In the data below, find the line containing "let fault = report(file, &mut", then set down that line and every later line up to and including the line containing "rows.push(limit(0))?;", exactly.

* * * * * * * * *

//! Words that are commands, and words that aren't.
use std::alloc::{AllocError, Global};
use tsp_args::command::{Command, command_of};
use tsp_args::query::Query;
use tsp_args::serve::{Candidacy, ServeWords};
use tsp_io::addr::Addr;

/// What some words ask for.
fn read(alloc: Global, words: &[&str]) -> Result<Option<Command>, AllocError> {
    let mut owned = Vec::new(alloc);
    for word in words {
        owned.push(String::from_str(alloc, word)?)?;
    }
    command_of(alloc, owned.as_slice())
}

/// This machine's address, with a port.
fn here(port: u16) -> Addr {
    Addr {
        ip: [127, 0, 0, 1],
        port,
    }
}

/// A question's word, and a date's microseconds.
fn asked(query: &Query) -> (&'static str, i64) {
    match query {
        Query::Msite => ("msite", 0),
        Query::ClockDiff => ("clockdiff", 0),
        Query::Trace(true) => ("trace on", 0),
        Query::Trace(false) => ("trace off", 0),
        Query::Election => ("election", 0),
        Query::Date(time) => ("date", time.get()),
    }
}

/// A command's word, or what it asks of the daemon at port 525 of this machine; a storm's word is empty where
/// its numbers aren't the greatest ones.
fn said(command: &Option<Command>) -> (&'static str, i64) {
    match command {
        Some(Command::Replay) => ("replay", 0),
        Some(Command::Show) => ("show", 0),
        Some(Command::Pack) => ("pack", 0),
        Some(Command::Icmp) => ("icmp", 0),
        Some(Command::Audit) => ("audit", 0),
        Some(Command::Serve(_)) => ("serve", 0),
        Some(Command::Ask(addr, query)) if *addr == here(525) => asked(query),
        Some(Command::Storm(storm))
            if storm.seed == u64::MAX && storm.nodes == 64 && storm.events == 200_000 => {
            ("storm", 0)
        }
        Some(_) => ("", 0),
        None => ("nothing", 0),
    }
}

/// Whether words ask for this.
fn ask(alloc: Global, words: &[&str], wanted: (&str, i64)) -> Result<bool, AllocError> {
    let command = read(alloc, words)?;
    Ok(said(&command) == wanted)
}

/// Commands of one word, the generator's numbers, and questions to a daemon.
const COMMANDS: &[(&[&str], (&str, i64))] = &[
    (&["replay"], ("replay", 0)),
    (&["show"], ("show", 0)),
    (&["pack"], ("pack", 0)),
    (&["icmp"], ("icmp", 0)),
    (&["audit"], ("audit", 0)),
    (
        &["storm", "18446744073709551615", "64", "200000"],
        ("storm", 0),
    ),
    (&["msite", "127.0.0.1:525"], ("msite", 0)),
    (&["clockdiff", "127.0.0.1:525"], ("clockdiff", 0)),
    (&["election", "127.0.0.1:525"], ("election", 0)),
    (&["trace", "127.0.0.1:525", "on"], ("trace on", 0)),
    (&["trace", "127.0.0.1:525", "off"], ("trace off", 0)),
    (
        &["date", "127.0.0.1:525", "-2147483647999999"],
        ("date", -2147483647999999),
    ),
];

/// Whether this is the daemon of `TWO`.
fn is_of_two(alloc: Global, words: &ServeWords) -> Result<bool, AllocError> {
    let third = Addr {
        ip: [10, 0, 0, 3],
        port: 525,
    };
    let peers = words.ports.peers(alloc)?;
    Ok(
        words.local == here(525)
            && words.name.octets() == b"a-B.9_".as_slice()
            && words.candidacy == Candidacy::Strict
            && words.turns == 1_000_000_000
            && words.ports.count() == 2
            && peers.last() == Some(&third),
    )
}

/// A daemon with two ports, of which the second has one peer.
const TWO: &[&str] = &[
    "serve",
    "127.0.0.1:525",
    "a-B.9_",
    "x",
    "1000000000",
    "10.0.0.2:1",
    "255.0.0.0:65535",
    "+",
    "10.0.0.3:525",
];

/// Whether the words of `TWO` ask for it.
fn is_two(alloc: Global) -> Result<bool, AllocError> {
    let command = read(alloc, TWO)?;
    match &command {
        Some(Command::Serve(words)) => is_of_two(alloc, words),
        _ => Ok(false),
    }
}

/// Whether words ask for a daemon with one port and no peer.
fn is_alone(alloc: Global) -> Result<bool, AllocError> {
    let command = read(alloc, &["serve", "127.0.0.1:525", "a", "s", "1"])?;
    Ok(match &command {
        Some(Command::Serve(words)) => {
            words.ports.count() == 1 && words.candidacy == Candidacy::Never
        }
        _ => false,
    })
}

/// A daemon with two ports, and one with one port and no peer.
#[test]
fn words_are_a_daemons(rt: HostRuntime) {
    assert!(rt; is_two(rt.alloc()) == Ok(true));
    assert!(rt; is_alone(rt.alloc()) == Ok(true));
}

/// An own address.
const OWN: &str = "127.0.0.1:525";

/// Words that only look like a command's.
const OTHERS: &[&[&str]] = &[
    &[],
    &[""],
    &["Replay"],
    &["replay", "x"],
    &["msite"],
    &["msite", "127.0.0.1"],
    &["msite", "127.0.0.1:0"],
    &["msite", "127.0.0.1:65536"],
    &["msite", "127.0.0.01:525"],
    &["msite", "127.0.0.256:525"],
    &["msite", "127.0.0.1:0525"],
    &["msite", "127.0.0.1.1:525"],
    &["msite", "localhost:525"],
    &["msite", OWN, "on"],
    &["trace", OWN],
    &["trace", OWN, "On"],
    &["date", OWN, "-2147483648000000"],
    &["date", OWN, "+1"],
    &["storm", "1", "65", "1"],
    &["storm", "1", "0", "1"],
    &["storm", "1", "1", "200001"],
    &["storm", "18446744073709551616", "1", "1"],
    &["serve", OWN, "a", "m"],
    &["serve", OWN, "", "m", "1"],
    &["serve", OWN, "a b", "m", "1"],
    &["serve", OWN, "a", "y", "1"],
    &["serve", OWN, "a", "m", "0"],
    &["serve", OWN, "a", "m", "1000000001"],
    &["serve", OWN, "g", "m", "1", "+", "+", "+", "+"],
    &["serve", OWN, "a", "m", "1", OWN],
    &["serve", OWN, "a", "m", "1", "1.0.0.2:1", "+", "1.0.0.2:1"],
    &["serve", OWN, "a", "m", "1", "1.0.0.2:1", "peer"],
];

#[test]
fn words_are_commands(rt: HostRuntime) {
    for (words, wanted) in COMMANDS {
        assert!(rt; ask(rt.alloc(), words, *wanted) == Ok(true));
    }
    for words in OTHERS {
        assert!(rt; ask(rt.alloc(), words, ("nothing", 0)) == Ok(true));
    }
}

* * * * * * * * *

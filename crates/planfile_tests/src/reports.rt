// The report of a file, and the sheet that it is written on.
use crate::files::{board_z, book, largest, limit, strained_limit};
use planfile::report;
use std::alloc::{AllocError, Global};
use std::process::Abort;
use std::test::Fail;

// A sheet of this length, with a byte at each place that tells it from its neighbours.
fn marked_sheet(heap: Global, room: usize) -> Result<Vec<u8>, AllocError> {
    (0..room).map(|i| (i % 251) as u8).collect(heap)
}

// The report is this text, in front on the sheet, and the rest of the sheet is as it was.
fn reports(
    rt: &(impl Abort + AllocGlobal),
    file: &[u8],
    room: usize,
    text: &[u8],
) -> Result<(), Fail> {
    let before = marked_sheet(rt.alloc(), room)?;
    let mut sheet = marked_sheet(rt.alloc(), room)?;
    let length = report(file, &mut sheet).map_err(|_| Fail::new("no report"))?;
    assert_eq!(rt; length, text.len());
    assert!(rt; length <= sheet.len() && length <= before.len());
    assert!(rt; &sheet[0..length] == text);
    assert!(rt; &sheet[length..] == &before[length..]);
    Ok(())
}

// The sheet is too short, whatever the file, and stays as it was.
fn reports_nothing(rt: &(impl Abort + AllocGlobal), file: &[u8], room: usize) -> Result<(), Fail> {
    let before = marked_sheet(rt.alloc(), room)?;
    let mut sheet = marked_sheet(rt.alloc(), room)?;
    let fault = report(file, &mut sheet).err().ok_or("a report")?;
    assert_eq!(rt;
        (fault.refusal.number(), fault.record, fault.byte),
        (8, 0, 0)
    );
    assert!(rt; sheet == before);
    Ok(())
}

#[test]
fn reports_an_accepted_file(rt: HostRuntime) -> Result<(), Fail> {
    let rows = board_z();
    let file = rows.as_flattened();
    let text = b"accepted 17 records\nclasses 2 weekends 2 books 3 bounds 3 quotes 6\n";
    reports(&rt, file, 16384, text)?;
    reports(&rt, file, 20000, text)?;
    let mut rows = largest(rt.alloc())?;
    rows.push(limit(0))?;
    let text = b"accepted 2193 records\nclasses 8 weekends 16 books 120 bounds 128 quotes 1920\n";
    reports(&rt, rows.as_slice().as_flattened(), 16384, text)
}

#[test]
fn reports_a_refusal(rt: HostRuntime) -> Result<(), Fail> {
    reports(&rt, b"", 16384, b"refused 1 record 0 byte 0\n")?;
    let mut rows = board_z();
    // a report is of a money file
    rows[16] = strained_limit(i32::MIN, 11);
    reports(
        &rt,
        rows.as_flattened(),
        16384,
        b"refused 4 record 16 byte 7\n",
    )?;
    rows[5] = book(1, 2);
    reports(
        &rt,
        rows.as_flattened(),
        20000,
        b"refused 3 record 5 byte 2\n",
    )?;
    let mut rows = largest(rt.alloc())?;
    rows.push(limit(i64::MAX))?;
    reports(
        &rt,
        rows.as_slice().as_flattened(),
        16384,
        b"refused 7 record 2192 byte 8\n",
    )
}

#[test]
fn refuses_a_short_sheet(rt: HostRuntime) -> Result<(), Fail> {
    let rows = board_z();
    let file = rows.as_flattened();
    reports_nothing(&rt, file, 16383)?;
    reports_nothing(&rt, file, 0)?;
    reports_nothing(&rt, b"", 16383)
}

* * * * * * * * *

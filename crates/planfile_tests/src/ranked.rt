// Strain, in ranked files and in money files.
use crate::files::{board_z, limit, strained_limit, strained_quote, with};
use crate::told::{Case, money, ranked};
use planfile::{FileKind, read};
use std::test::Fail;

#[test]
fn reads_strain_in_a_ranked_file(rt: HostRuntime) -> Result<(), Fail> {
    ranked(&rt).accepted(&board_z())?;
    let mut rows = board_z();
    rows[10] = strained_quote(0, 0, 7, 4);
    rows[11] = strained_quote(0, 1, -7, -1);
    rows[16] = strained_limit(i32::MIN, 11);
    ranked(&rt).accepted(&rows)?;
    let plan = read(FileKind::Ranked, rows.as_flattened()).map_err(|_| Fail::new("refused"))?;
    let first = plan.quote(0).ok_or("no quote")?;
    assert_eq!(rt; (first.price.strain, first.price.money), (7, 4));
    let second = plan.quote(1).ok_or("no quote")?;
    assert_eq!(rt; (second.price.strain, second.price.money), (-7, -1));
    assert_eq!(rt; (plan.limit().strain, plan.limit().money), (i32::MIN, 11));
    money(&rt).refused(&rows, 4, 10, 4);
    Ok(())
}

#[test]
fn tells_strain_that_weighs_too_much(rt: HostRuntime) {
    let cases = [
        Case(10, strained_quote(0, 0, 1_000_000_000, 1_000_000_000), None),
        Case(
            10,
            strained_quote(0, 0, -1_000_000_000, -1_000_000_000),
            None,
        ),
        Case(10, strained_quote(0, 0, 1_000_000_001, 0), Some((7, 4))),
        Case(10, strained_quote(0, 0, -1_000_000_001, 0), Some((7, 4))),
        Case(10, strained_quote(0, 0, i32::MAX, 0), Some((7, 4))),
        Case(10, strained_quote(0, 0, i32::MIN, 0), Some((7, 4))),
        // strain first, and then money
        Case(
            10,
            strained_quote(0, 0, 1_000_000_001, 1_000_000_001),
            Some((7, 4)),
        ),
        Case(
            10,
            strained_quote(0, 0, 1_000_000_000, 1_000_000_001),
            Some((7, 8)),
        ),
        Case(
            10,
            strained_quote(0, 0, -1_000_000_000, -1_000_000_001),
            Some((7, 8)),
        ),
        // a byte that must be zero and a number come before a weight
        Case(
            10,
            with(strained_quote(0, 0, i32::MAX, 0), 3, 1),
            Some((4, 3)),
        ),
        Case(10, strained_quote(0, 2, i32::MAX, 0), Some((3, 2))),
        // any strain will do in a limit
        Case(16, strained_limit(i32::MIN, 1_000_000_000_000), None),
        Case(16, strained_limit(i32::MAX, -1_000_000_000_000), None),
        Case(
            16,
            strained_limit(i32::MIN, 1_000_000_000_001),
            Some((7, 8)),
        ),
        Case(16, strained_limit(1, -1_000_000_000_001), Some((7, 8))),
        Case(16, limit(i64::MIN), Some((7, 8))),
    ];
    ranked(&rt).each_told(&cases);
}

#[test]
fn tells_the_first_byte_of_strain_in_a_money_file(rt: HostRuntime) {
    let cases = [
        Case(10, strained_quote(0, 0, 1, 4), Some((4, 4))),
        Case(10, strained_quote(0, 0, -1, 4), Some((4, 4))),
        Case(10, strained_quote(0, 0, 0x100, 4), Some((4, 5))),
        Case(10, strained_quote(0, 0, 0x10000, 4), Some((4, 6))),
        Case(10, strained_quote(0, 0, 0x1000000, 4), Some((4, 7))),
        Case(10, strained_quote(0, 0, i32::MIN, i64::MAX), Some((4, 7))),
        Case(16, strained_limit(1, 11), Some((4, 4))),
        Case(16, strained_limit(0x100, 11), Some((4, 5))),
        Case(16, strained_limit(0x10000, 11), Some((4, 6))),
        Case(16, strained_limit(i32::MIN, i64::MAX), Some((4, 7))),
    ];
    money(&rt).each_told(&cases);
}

* * * * * * * * *

EXERCISE RESULT ->
    let fault = report(file, &mut sheet).err().ok_or("a report")?;
    assert_eq!(rt;
        (fault.refusal.number(), fault.record, fault.byte),
        (8, 0, 0)
    );
    assert!(rt; sheet == before);
    Ok(())
}

#[test]
fn reports_an_accepted_file(rt: HostRuntime) -> Result<(), Fail> {
    let rows = board_z();
    let file = rows.as_flattened();
    let text = b"accepted 17 records\nclasses 2 weekends 2 books 3 bounds 3 quotes 6\n";
    reports(&rt, file, 16384, text)?;
    reports(&rt, file, 20000, text)?;
    let mut rows = largest(rt.alloc())?;
    rows.push(limit(0))?;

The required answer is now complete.